Activity: Retype all of the entries exactly as they appear.

= = = = =

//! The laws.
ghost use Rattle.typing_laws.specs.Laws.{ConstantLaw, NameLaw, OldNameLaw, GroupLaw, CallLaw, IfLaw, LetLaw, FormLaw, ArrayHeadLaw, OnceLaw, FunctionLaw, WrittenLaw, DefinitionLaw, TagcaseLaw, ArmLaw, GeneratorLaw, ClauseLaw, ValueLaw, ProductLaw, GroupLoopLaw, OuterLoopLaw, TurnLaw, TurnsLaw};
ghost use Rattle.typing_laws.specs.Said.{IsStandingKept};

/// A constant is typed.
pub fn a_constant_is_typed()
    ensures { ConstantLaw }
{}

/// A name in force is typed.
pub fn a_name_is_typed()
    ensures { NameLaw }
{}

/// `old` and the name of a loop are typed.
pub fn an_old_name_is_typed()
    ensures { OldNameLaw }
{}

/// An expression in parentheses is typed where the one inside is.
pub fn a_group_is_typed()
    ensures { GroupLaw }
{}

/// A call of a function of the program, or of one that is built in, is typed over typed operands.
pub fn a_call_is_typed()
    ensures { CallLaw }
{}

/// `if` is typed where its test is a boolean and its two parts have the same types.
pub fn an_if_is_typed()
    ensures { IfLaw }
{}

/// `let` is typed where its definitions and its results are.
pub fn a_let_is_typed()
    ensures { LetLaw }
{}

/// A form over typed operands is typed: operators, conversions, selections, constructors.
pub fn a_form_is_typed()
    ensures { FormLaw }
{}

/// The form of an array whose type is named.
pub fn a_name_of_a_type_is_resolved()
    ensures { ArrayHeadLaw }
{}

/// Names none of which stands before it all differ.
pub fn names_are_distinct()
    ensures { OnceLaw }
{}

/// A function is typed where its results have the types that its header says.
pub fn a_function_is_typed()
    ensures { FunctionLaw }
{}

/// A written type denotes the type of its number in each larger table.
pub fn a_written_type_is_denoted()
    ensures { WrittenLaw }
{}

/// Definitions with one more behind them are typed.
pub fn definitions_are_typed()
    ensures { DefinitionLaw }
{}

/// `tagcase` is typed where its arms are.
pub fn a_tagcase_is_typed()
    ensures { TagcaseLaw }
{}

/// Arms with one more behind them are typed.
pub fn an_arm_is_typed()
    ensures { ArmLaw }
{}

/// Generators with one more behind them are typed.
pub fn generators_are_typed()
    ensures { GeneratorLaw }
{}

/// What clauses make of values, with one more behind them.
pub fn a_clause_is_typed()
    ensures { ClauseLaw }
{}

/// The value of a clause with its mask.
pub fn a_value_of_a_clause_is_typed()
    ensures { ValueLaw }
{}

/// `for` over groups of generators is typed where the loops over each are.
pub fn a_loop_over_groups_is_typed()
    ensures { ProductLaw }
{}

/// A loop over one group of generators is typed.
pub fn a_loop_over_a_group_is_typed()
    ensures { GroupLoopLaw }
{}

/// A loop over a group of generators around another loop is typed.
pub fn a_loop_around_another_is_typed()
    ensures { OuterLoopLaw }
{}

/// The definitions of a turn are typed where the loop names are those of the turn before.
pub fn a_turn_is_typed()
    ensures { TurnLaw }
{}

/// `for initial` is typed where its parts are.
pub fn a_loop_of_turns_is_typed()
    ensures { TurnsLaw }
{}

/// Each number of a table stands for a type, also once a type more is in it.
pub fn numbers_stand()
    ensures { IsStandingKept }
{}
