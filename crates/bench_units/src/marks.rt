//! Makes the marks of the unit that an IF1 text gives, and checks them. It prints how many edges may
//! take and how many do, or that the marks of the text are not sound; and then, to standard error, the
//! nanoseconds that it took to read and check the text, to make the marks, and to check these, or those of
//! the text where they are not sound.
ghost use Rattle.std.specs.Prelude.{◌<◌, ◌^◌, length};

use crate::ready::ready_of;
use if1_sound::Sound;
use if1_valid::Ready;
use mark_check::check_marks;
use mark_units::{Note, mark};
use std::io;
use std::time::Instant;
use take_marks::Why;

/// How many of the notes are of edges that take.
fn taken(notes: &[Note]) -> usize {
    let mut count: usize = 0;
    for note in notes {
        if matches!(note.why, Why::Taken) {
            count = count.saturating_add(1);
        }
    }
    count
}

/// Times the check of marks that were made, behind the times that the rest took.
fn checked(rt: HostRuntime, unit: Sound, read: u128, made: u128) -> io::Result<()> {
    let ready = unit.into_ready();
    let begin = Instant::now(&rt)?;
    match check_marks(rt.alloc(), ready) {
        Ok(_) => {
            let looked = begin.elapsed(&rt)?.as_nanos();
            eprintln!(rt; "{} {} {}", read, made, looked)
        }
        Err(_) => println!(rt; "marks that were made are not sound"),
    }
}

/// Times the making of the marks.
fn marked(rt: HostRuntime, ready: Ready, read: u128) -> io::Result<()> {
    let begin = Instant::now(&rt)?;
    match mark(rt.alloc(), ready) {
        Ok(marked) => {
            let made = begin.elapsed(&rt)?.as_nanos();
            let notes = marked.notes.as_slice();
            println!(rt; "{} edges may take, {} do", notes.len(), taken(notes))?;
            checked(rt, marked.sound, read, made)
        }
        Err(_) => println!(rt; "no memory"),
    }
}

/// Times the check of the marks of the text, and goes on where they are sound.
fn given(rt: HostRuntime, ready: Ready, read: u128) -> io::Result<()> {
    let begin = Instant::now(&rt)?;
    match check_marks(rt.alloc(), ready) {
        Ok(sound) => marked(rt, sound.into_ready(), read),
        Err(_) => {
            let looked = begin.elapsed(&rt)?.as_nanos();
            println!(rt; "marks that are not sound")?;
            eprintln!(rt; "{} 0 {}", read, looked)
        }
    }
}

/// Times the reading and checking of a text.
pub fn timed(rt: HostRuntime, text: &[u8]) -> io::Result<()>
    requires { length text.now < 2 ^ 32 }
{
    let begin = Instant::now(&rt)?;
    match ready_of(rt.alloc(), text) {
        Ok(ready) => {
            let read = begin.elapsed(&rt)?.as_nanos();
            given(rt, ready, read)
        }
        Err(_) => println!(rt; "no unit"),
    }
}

= = = = =

Solved problem:
//! The laws.
ghost use Rattle.typing_laws.specs.Laws.{ConstantLaw, NameLaw, OldNameLaw, GroupLaw, CallLaw, IfLaw, LetLaw, FormLaw, ArrayHeadLaw, OnceLaw, FunctionLaw, WrittenLaw, DefinitionLaw, TagcaseLaw, ArmLaw, GeneratorLaw, ClauseLaw, ValueLaw, ProductLaw, GroupLoopLaw, OuterLoopLaw, TurnLaw, TurnsLaw};
ghost use Rattle.typing_laws.specs.Said.{IsStandingKept};

/// A constant is typed.
pub fn a_constant_is_typed()
    ensures { ConstantLaw }
{}

/// A name in force is typed.
pub fn a_name_is_typed()
    ensures { NameLaw }
{}

/// `old` and the name of a loop are typed.
pub fn an_old_name_is_typed()
    ensures { OldNameLaw }
{}

/// An expression in parentheses is typed where the one inside is.
pub fn a_group_is_typed()
    ensures { GroupLaw }
{}

/// A call of a function of the program, or of one that is built in, is typed over typed operands.
pub fn a_call_is_typed()
    ensures { CallLaw }
{}

/// `if` is typed where its test is a boolean and its two parts have the same types.
pub fn an_if_is_typed()
    ensures { IfLaw }
{}

/// `let` is typed where its definitions and its results are.
pub fn a_let_is_typed()
    ensures { LetLaw }
{}

/// A form over typed operands is typed: operators, conversions, selections, constructors.
pub fn a_form_is_typed()
    ensures { FormLaw }
{}

/// The form of an array whose type is named.
pub fn a_name_of_a_type_is_resolved()
    ensures { ArrayHeadLaw }
{}

/// Names none of which stands before it all differ.
pub fn names_are_distinct()
    ensures { OnceLaw }
{}

/// A function is typed where its results have the types that its header says.
pub fn a_function_is_typed()
    ensures { FunctionLaw }
{}

/// A written type denotes the type of its number in each larger table.
pub fn a_written_type_is_denoted()
    ensures { WrittenLaw }
{}

/// Definitions with one more behind them are typed.
pub fn definitions_are_typed()
    ensures { DefinitionLaw }
{}

/// `tagcase` is typed where its arms are.
pub fn a_tagcase_is_typed()
    ensures { TagcaseLaw }
{}

/// Arms with one more behind them are typed.
pub fn an_arm_is_typed()
    ensures { ArmLaw }
{}

/// Generators with one more behind them are typed.
pub fn generators_are_typed()
    ensures { GeneratorLaw }
{}

/// What clauses make of values, with one more behind them.
pub fn a_clause_is_typed()
    ensures { ClauseLaw }
{}

/// The value of a clause with its mask.
pub fn a_value_of_a_clause_is_typed()
    ensures { ValueLaw }
{}

/// `for` over groups of generators is typed where the loops over each are.
pub fn a_loop_over_groups_is_typed()
    ensures { ProductLaw }
{}

/// A loop over one group of generators is typed.
pub fn a_loop_over_a_group_is_typed()
    ensures { GroupLoopLaw }
{}

/// A loop over a group of generators around another loop is typed.
pub fn a_loop_around_another_is_typed()
    ensures { OuterLoopLaw }
{}

/// The definitions of a turn are typed where the loop names are those of the turn before.
pub fn a_turn_is_typed()
    ensures { TurnLaw }
{}

/// `for initial` is typed where its parts are.
pub fn a_loop_of_turns_is_typed()
    ensures { TurnsLaw }
{}

/// Each number of a table stands for a type, also once a type more is in it.
pub fn numbers_stand()
    ensures { IsStandingKept }
{}
filename crates/bench_units/src/marks.rt
//! Makes the marks of the unit that an IF1 text gives, and checks them. It prints how many edges may
//! take and how many do, or that the marks of the text are not sound; and then, to standard error, the
//! nanoseconds that it took to read and check the text, to make the marks, and to check these, or those of
//! the text where they are not sound.
ghost use Rattle.std.specs.Prelude.{◌<◌, ◌^◌, length};

use crate::ready::ready_of;
use if1_sound::Sound;
use if1_valid::Ready;
use mark_check::check_marks;
use mark_units::{Note, mark};
use std::io;
use std::time::Instant;
use take_marks::Why;

/// How many of the notes are of edges that take.
fn taken(notes: &[Note]) -> usize {
    let mut count: usize = 0;
    for note in notes {
        if matches!(note.why, Why::Taken) {
            count = count.saturating_add(1);
        }
    }
    count
}

/// Times the check of marks that were made, behind the times that the rest took.
fn checked(rt: HostRuntime, unit: Sound, read: u128, made: u128) -> io::Result<()> {
    let ready = unit.into_ready();
    let begin = Instant::now(&rt)?;
    match check_marks(rt.alloc(), ready) {
        Ok(_) => {
            let looked = begin.elapsed(&rt)?.as_nanos();
            eprintln!(rt; "{} {} {}", read, made, looked)
        }
        Err(_) => println!(rt; "marks that were made are not sound"),
    }
}

/// Times the making of the marks.
fn marked(rt: HostRuntime, ready: Ready, read: u128) -> io::Result<()> {
    let begin = Instant::now(&rt)?;
    match mark(rt.alloc(), ready) {
        Ok(marked) => {
            let made = begin.elapsed(&rt)?.as_nanos();
            let notes = marked.notes.as_slice();
            println!(rt; "{} edges may take, {} do", notes.len(), taken(notes))?;
            checked(rt, marked.sound, read, made)
        }
        Err(_) => println!(rt; "no memory"),
    }
}

/// Times the check of the marks of the text, and goes on where they are sound.
fn given(rt: HostRuntime, ready: Ready, read: u128) -> io::Result<()> {
    let begin = Instant::now(&rt)?;
    match check_marks(rt.alloc(), ready) {
        Ok(sound) => marked(rt, sound.into_ready(), read),
        Err(_) => {
            let looked = begin.elapsed(&rt)?.as_nanos();
            println!(rt; "marks that are not sound")?;
            eprintln!(rt; "{} 0 {}", read, looked)
        }
    }
}

/// Times the reading and checking of a text.
pub fn timed(rt: HostRuntime, text: &[u8]) -> io::Result<()>
    requires { length text.now < 2 ^ 32 }
{
    let begin = Instant::now(&rt)?;
    match ready_of(rt.alloc(), text) {
        Ok(ready) => {
            let read = begin.elapsed(&rt)?.as_nanos();
            given(rt, ready, read)
        }
        Err(_) => println!(rt; "no unit"),
    }
}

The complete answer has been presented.